À l'horizon 2027, ce déficit devrait s'élargir légèrement pour s'établir autour de 3,1 % du PIB. Les flux d'IDE devraient rester stables, tandis que les capitaux de portefeuille demeureront limités, maintenant une pression élevée sur le financement extérieur.

Face à ces contraintes, les autorités pourraient être amenées à recourir davantage à des emprunts en devises auprès de la Banque centrale.

Déficit budgétaire en légère amélioration, dette quasi stable

Sur le plan des finances publiques, la Banque mondiale estime que le déficit budgétaire devrait s'établir à 5,7 % du PIB en 2025, grâce à une progression modérée des subventions et de la masse salariale, ainsi qu'à une amélioration attendue des recettes fiscales.

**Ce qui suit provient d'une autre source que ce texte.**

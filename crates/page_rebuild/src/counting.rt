//! Records of a page, counted before it is made anew: on each slot those of committed numbers, and
//! those of active ones.
ghost use Rattle.std.specs.Prelude.{◌≡◌, ◌≤◌, ◌<◌, ◌+◌, ℕ, [], ◌∷◌, length, replicate, slice_index};
ghost use Rattle.std.specs.List.{count_by};
ghost use Rattle.ipl_base.specs.declared.limits.TheConstants.{LIVE_RECORDS, LIVE_SECTORS, SLOTS};
ghost use Rattle.ipl_meaning.specs.Values.{counts_for};
ghost use Rattle.log_records.specs.Reading.{records_of};
ghost use Rattle.log_records.specs.View.{record_of};
ghost use Rattle.number_set.specs.Numbers.{among};
ghost use Rattle.unit_log.specs.Kept.{records_kept};
ghost use Rattle.page_rebuild.specs.Taken.{AreCountedBySlot};

use crate::making::is_committed;
use crate::pending::is_among;
use log_records::{Payload, Record, records};
use page_ops::Coming;
use txn_status::Status;
use unit_log::LogSector;

/// Counts a record on its slot, where it is one of the page and of a committed number.
fn count_value(values: &mut Coming, page: u32, logged: &Record, status: &Status)
    requires slot { logged.now.slot < 64 }
    requires room { slice_index values.old logged.now.slot
        + count_by (counts_for (among status.now.numbers) page logged.now.slot)
        (record_of logged.now ∷ []) ≤ LIVE_RECORDS }
    ensures { AreCountedBySlot (among status.now.numbers) page (record_of logged.now ∷ [])
        values.old values.new }
{
    if logged.page != page {
        return;
    }
    if is_committed(status, logged.tid) {
        values.add(logged.slot);
    }
}

/// Counts a record on its slot, where it is one of the page and of an active number.
fn count_change(changes: &mut Coming, page: u32, logged: &Record, active: &[u64])
    requires slot { logged.now.slot < 64 }
    requires room { slice_index changes.old logged.now.slot
        + count_by (counts_for (among active.now) page logged.now.slot)
        (record_of logged.now ∷ []) ≤ LIVE_RECORDS }
    ensures { AreCountedBySlot (among active.now) page (record_of logged.now ∷ [])
        changes.old changes.new }
{
    if logged.page != page {
        return;
    }
    if is_among(active, logged.tid) {
        changes.add(logged.slot);
    }
}

/// Counts the records of a payload, at most 40. No number is both committed and active, where the
/// tables are right; what is done here doesn't rest on that.
fn count_payload(
    values: &mut Coming,
    changes: &mut Coming,
    page: u32,
    payload: &Payload,
    status: &Status,
    active: &[u64],
)
    requires few_values { (slot : ℕ) → slot < SLOTS → slice_index values.old slot ≤ 1200 }
    requires few_changes { (slot : ℕ) → slot < SLOTS → slice_index changes.old slot ≤ 1200 }
    ensures values { AreCountedBySlot (among status.now.numbers) page
        (records_of payload.now.version payload.now.bytes) values.old values.new }
    ensures changes { AreCountedBySlot (among active.now) page
        (records_of payload.now.version payload.now.bytes) changes.old changes.new }
    ensures few { length (records_of payload.now.version payload.now.bytes) ≤ 40 }
{
    // The bytes are a list of records, so each slot is one of 64.
    let _ = payload.bytes();
    for logged in records(payload) {
        count_value(values, page, &logged, status);
        count_change(changes, page, &logged, active);
    }
}

/// Counts the records of log sectors, at most 31, where none is counted yet.
pub(crate) fn count_sectors(
    values: &mut Coming,
    changes: &mut Coming,
    page: u32,
    sectors: &[LogSector],
    status: &Status,
    active: &[u64],
)
    requires few { length sectors.now ≤ LIVE_SECTORS }
    requires no_values { values.old ≡ replicate SLOTS 0 }
    requires no_changes { changes.old ≡ replicate SLOTS 0 }
    ensures values { AreCountedBySlot (among status.now.numbers) page (records_kept sectors.now)
        (replicate SLOTS 0) values.new }
    ensures changes { AreCountedBySlot (among active.now) page (records_kept sectors.now)
        (replicate SLOTS 0) changes.new }
{
    for sector in sectors {
        count_payload(values, changes, page, &sector.payload, status, active);
    }
}
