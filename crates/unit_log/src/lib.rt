//! A unit's log on the chip: its live log sectors, or those of them that name a page, read in rising
//! order of serial into memory of fixed size.
//!
//! Proved, by `Scratch`, `read_live`: a unit's live log sectors, at most 15 at home and 16
//! elsewhere: where the tables mirror the chip they are exactly the unit's log, in rising order of
//! serial, and only a failed read ends it otherwise; it adds nothing but reads of the header, the
//! log region and the listed spots, of each at most as many as are listed.
//!
//! Proved, by `read_page_log`, `mask_of`: of these exactly the ones that have a record of a page, by
//! the masks in the tables; besides the header no other sector is read, and none twice. Which pages
//! the records of a log sector name.
#![tactic(auto)]

mod live;
mod pages;
mod reading;
mod scratch;

pub use live::{UnitHead, read_live, read_page_log};
pub use pages::mask_of;
pub use scratch::{LogSector, Scratch};
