//! The laws of a page that is loaded.
ghost use Rattle.page_rebuild.specs.Loaded.{SoundPagesShowValues, WholeUnitsAreKnown};

/// A page may be loaded exactly where it shows values for which, with what is pending, a page has
/// room. Of a unit whose header and log were read whole, all is known that a page is made anew by.
pub fn load_laws()
    ensures sound { SoundPagesShowValues }
    ensures known { WholeUnitsAreKnown }
{}
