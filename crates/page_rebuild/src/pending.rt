//! Pending changes, set in a frame: of the records of active numbers on a slot only the last one.
ghost use Rattle.std.specs.Prelude.{◌≡◌, ◌≤◌, ◌<◌, [], ◌∷◌};
ghost use Rattle.std.specs.Bool.{OnTrue};
ghost use Rattle.ipl_base.specs.declared.limits.TheConstants.{PAGE_LEN};
ghost use Rattle.log_records.specs.Reading.{records_of};
ghost use Rattle.log_records.specs.View.{record_of};
ghost use Rattle.number_set.specs.Numbers.{among};
ghost use Rattle.unit_log.specs.Kept.{records_kept};
ghost use Rattle.page_ops.specs.Frames.{frame_fill};
ghost use Rattle.page_rebuild.specs.Pended.{AreToSet, AreSet};

use log_records::{Payload, Record, records};
use page_ops::{Coming, Frame};
use unit_log::LogSector;

/// Whether a number is one of these.
pub(crate) fn is_among(numbers: &[u64], tid: u64) -> bool
    ensures { result ≡ among numbers.now tid }
{
    numbers.contains(&tid)
}

/// Passes a record, whose change is set as pending where it is the last one on its slot of an active
/// number. Answers whether the page had room.
fn set_record(
    frame: &mut Frame,
    coming: &mut Coming,
    page: u32,
    logged: &Record,
    active: &[u64],
) -> bool
    requires slot { logged.now.slot < 64 }
    requires next { AreToSet (among active.now) page (record_of logged.now ∷ [])
        coming.old frame.old }
    ensures { AreSet (among active.now) page (record_of logged.now ∷ [])
        coming.old frame.old coming.new frame.new result }
{
    if logged.page != page {
        return true;
    }
    if !is_among(active, logged.tid) {
        return true;
    }
    if !coming.take(logged.slot) {
        return true;
    }
    frame.set_pending(logged.slot, logged.tid, &logged.change)
}

/// Passes the records of a payload, in order, and answers whether the page had room.
fn set_payload(
    frame: &mut Frame,
    coming: &mut Coming,
    page: u32,
    payload: &Payload,
    active: &[u64],
) -> bool
    requires { AreToSet (among active.now) page
        (records_of payload.now.version payload.now.bytes) coming.old frame.old }
    ensures { AreSet (among active.now) page
        (records_of payload.now.version payload.now.bytes)
        coming.old frame.old coming.new frame.new result }
{
    // The bytes are a list of records, so each slot is one of 64.
    let _ = payload.bytes();
    for logged in records(payload) {
        if !set_record(frame, coming, page, &logged, active) {
            return false;
        }
    }
    true
}

/// Passes the records of log sectors, in order, and answers whether the page had room.
pub(crate) fn set_sectors(
    frame: &mut Frame,
    coming: &mut Coming,
    page: u32,
    sectors: &[LogSector],
    active: &[u64],
) -> bool
    requires { AreToSet (among active.now) page (records_kept sectors.now)
        coming.old frame.old }
    ensures set { AreSet (among active.now) page (records_kept sectors.now)
        coming.old frame.old coming.new frame.new result }
    ensures room { OnTrue result (frame_fill frame.new ≤ PAGE_LEN) }
{
    for sector in sectors {
        if !set_payload(frame, coming, page, &sector.payload, active) {
            return false;
        }
    }
    let _ = frame.committed();
    true
}
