//! Records, taken into the frame of a page: those of committed numbers become values, those of
//! active numbers are pending.
ghost use Rattle.std.specs.Prelude.{◌≤◌, ◌↔◌, IsTrue, length};
ghost use Rattle.std.specs.Bool.{OnTrue};
ghost use Rattle.ipl_base.specs.declared.limits.TheConstants.{LIVE_SECTORS, PAGE_LEN};
ghost use Rattle.number_set.specs.Numbers.{among};
ghost use Rattle.unit_log.specs.Kept.{records_kept};
ghost use Rattle.page_ops.specs.Frames.{values_in, HasNonePending};
ghost use Rattle.page_ops.specs.Pending.{fill_by};
ghost use Rattle.page_ops.specs.Rebuilt.{with_records};
ghost use Rattle.page_rebuild.specs.Taken.{last_changes, AreTaken};

use crate::counting::count_sectors;
use crate::making::pass_sectors;
use crate::pending::set_sectors;
use page_ops::{Coming, Frame};
use txn_status::Status;
use unit_log::LogSector;

/// Takes the records of log sectors, at most 31, in order, into a frame of which nothing is pending.
/// Answers whether the page has room for the values that it has then, whichever pending changes
/// become values.
pub(crate) fn take_sectors(
    frame: &mut Frame,
    page: u32,
    sectors: &[LogSector],
    status: &Status,
    active: &[u64],
) -> bool
    requires idle { HasNonePending frame.old }
    requires few { length sectors.now ≤ LIVE_SECTORS }
    ensures room { IsTrue result ↔ (fill_by
        (with_records (among status.now.numbers) page (records_kept sectors.now)
        (values_in frame.old))
        (last_changes (among active.now) page (records_kept sectors.now)) ≤ PAGE_LEN) }
    ensures taken { OnTrue result (AreTaken (among status.now.numbers) (among active.now) page
        (records_kept sectors.now) frame.old frame.new) }
{
    let mut values = Coming::none();
    let mut changes = Coming::none();
    count_sectors(&mut values, &mut changes, page, sectors, status, active);
    values.clear(frame.committed_mut());
    if !pass_sectors(frame.committed_mut(), &mut values, page, sectors, status) {
        return false;
    }
    // A frame lends its page only while nothing is pending, so pending changes come last.
    set_sectors(frame, &mut changes, page, sectors, active)
}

Ce déficit pourrait reculer à 4,4 % en 2027, sous l'effet d'efforts continus pour maîtriser les dépenses publiques. Quant à la dette publique, elle devrait diminuer marginalement pour atteindre 83,6 % du PIB en 2027, contre 84,5 % en 2024.

Besoins de financement élevés et risques pour la stabilité

La Banque mondiale souligne que les besoins de financement du pays resteront élevés, atteignant 28 milliards de dinars en 2026 et 27 milliards en 2027, principalement en raison de la hausse des remboursements de la dette.

Dans un contexte où la Tunisie cherche à limiter son recours à l'endettement extérieur, le financement du déficit pourrait reposer principalement sur les prêts souverains, réduisant le besoin d'utiliser les réserves en devises.

Toutefois, l'institution met en garde contre les risques associés à un financement monétaire accru, notamment l'éviction du crédit au secteur privé, les pressions inflationnistes, et une vulnérabilité accrue du système bancaire.